In other words, the vast majority of prescription opioid patients do not transition to the use of an illegal drug like heroin.

Other data bear this out, as well. For example, according to an important article in the January 2016 issue of The New England Journal of Medicine, it was found that “[A]lthough the majority of current heroin users report having used prescription opioids non-medically before they initiated heroin use, heroin use among people who use prescription opioids for non-medical reasons is rare, and the transition to heroin use appears to occur at a low rate.”

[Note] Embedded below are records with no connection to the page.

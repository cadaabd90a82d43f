//! The texts of faults.
use crate::expect::equal;
use lc_page::PageFault;
use lc_range::RangeFault;
use lc_record::RecordFault;
use lc_token::TokenFault;
use lc_tx::TxFault;
use std::alloc::Global;
use std::fmt::Display;
use std::process::Abort;
use std::test::Fail;

const OF_A_RECORD: [(RecordFault, &str); 1] = [(
    RecordFault::TooLong { words: 4097 },
    "the record has 4097 words, which is too long",
)];

const OF_A_RANGE: [(RangeFault, &str); 4] = [
    (
        RangeFault::OutOfSegment,
        "the range ends outside the segment",
    ),
    (RangeFault::EmptyRange, "the range is empty"),
    (RangeFault::TooManyRanges, "there are too many ranges"),
    (RangeFault::NoMemory, "out of memory"),
];

const OF_A_TRANSACTION: [(TxFault, &str); 11] = [
    (
        TxFault::Busy { segment: 3 },
        "a transaction holds segment 3",
    ),
    (
        TxFault::NotHere { segment: 4 },
        "the token of segment 4 is elsewhere",
    ),
    (TxFault::NoRange, "some byte was not set"),
    (TxFault::OutOfSegment, "the bytes reach past the segment"),
    (
        TxFault::NotLocked,
        "the transaction did not lock the segment",
    ),
    (TxFault::NoMemory, "out of memory"),
    (
        TxFault::TooLong { words: 4107 },
        "the record would have 4107 words",
    ),
    (
        TxFault::SequenceSpent { segment: 5 },
        "segment 5 has used its last number",
    ),
    (TxFault::EmptyRange, "the range is empty"),
    (TxFault::TooManyRanges, "there are too many ranges"),
    (
        TxFault::ReadOnly { segment: 6 },
        "the transaction locked segment 6 for reading",
    ),
];

const OF_A_TOKEN: [(TokenFault, &str); 6] = [
    (
        TokenFault::Behind { applied: 4, seq: 9 },
        "applied up to 4, and the token has seen 9",
    ),
    (
        TokenFault::Unflushed,
        "a record of the node is not on the disk",
    ),
    (
        TokenFault::Writing,
        "a page of the segment is being written",
    ),
    (TokenFault::Held, "the token is held"),
    (
        TokenFault::NotHere { segment: 2 },
        "the token of segment 2 is not here",
    ),
    (TokenFault::NoMemory, "out of memory"),
];

const OF_A_PAGE: [(PageFault, &str); 3] = [
    (PageFault::Uncommitted, "the page has uncommitted bytes"),
    (
        PageFault::NotNewer,
        "the number is not above the page's sequence",
    ),
    (PageFault::DeviceFault, "the device failed"),
];

// Each fault is printed as it is wanted.
fn are_printed<F: Display>(
    rt: &impl Abort,
    alloc: Global,
    faults: &[(F, &str)],
) -> Result<(), Fail> {
    for (fault, wanted) in faults {
        equal(rt, wanted, &fault.to_string(alloc)?.as_str(), wanted);
    }
    Ok(())
}

#[test]
fn faults_have_texts(rt: HostRuntime) -> Result<(), Fail> {
    are_printed(&rt, rt.alloc(), &OF_A_RECORD)?;
    are_printed(&rt, rt.alloc(), &OF_A_RANGE)?;
    are_printed(&rt, rt.alloc(), &OF_A_TRANSACTION)?;
    are_printed(&rt, rt.alloc(), &OF_A_TOKEN)?;
    are_printed(&rt, rt.alloc(), &OF_A_PAGE)
}
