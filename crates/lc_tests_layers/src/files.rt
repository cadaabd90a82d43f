//! Areas over files.
ghost use Rattle.std.specs.Prelude.{◌≤◌, length};

use crate::expect::equal;
use crate::fake_file::{FakeFile, FakeFolder, Manner};
use lc_disk::{Area, DeviceFault, FileArea, OpenFault};
use std::alloc::Global;
use std::process::Abort;
use std::test::Fail;

// Eight zeros in a file whose calls go so.
fn eight_bytes(alloc: Global, manner: Manner) -> Result<FileArea<FakeFile>, OpenFault> {
    FileArea::open(alloc, &FakeFolder { manner }, "area")
}

static FOUR_OF_EIGHT: [u8; 8] = [0, 0, 0, 1, 2, 3, 4, 0];

// Writes four bytes, and reads all eight.
fn four_are_read<D: Area>(rt: &impl Abort, area: &mut D) -> Result<(), DeviceFault>
    requires { 8 ≤ length (D.now area.old) }
{
    area.write_at(3, &[1, 2, 3, 4])?;
    let mut bytes = [9; 8];
    area.read(0, &mut bytes)?;
    equal(rt, &"the eight bytes", &bytes, &FOUR_OF_EIGHT);
    Ok(())
}

#[test]
fn short_and_interrupted_calls_go_on(rt: HostRuntime) -> Result<(), Fail> {
    let mut area = eight_bytes(rt.alloc(), Manner::Slow)?;
    assert!(rt; area.len() == 8);
    four_are_read(&rt, &mut area)?;
    assert!(rt; area.faults() == 0);
    Ok(())
}

// How many of these calls failed.
fn count(failed: [bool; 4]) -> u64 {
    let mut count = 0u64;
    for it in failed {
        count = count.wrapping_add(u64::from(it));
    }
    count
}

// What fails of a write, a sync, a read and a write.
fn four_calls<D: Area>(area: &mut D) -> [bool; 4]
    requires { 8 ≤ length (D.now area.old) }
{
    [
        area.write_at(0, &[7]).is_err(),
        area.sync().is_err(),
        area.read(0, &mut [9; 8]).is_err(),
        area.write_at(0, &[8]).is_err(),
    ]
}

// After a write or a sync that failed no call is made, and each is a fault; after a read that failed they go on.
const OF_FOUR: [(u32, [bool; 4]); 4] = [
    (1, [true, true, true, true]),
    (2, [false, true, true, true]),
    (3, [false, false, true, false]),
    (4, [false, false, false, true]),
];

#[test]
fn each_failing_call_is_counted(rt: HostRuntime) -> Result<(), Fail> {
    for (failing, want) in &OF_FOUR {
        let mut area = eight_bytes(rt.alloc(), Manner::Fails(*failing))?;
        let len = area.len();
        assert!(rt; len == 8, "call {failing}: {len}, where 8 is wanted");
        let failed = four_calls(&mut area);
        equal(
            &rt,
            failing,
            &(failed, area.faults()),
            &(*want, count(failed)),
        );
    }
    Ok(())
}

#[test]
fn a_file_that_ends_early_has_failed(rt: HostRuntime) -> Result<(), Fail> {
    let mut area = eight_bytes(rt.alloc(), Manner::Ends)?;
    assert!(rt; area.len() == 8);
    assert!(rt; area.read(0, &mut [9; 8]).is_err() && area.write_at(0, &[1]).is_err());
    equal(&rt, &"the faults", &area.faults(), &2);
    Ok(())
}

The numbers and factors detailed here are not meant to diminish or emphasize any serious or particular effort to address the variety of opioid issues contributing to the present crisis but, rather, to detail the full picture of the problem in sharp relief. Playing politics with this crisis will get us nowhere and waste a lot of time, energy, and resources. Public confusion about what is leading the epidemic and behind the majority of cases driving the crisis is another problem altogether, made worse by playing politics with it. It is time, past time, to get serious about this issue and take it on in a serious manner.

There are a great many efforts aimed at dealing with pill mills and irresponsible and rogue sales of prescription opioids. That is all to the good. But those efforts will not solve the problem or even get to the roots of the largest parts of it. A responsible and successful prevention campaign is needed and must be combined with serious drug education policies and messages along with a greater border and law enforcement effort. For concerned Americans, first and foremost, it is our duty to become educated about the issue.